Of course, discursive framings (and research) go further than just “what can be known.” Who can know it? How can things be known? In the case of the failed-device research, we see framings that similarly undermine the emancipatory rhetoric of the writeup. Who can know things? In this case, academic researchers, obviously, but researchers tempered by journalists: “Journalists were crucial ‘domain experts’ who fact-checked the algorithm’s results in real-time so computer scientists could tweak it to improve accuracy.”
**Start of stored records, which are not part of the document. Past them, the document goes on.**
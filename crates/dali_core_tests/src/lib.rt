//! Tests of `dali_system`, `dali_calls`, `dali_clean::cleanup`, `dali_checkpoint` and `dali_core`.
#![tactic(auto)]

#[cfg(test)]
mod tests;
mod whole;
This choice about what constitutes expertise is interesting and telling. The research team might have considered the domain expertise of medical sociologists, who could have told the team that doctors’ use of pronouns in medical notes is about as reliable as a marzipan blowtorch. But more vitally, given the rhetoric of emancipation, is that there’s no role for the patient here. While the effort is portrayed as better than a purely technical approach, more grounded and closer to reality, it is still treated as something best undertaken by a certain type of expert and professional. The patient is absent — except, of course, through their data. As data, the patient is vital; the patient serves as a resource, an object to be classified and assessed and refined on the heteronormative and essentialist premise the research team is deploying. That patients may not have explicitly consented to be in the database is secondary; that the research team may be wrong, may be denying the patient’s experiences and identities, is irrelevant to the individuals doing the analysis, to whom the patient is a resource for deployment in the name of “patients” overall.

If access to data is a powerful tool for illuminating injustices, what happens when we continue to portray professionals as the only viable “domain experts” for participating in its interpretation and analysis? As a researcher within the academy, I am constantly and painfully aware that, while holding me up as an authority on queer lives is marginally better than holding up some cis professor, I can ultimately speak only for myself. If we seek to understand medical biases solely through an expert view, when those not afforded expertise are already marginalized within medicine, it’s hard to see how we’ve substantially changed the power relations that cause these injustices. In fact, by appearing (but only appearing) to tackle them, we may make things worse.

Yes, the failed-device research illuminates a matter on which we lacked data. But the frame of knowing it reinforces has the effect of silencing marginalized voices while failing to be accountable or effectively transfer power to the patients who suffer the after-effects of medical bias and malpractice. That’s what we mean by discursive harms: articulating reality in a way that moves it forward but at the cost of silencing people who don’t fit the frame.

Data can be a powerful tool to challenge normative and dominant ways of thinking and doing things, but for that to be the case, it has to actually challenge. In particular it must challenge how problems are framed and who has the power to tell their own story. When researchers undertake data-driven work, even “for good,” they must do more than identify questions we don’t have answers to. We also have to attend to the questions we can’t ask, the speakers who can’t be heard, and how the frame we set in our research undermines (or reinforces) those boundaries or barriers.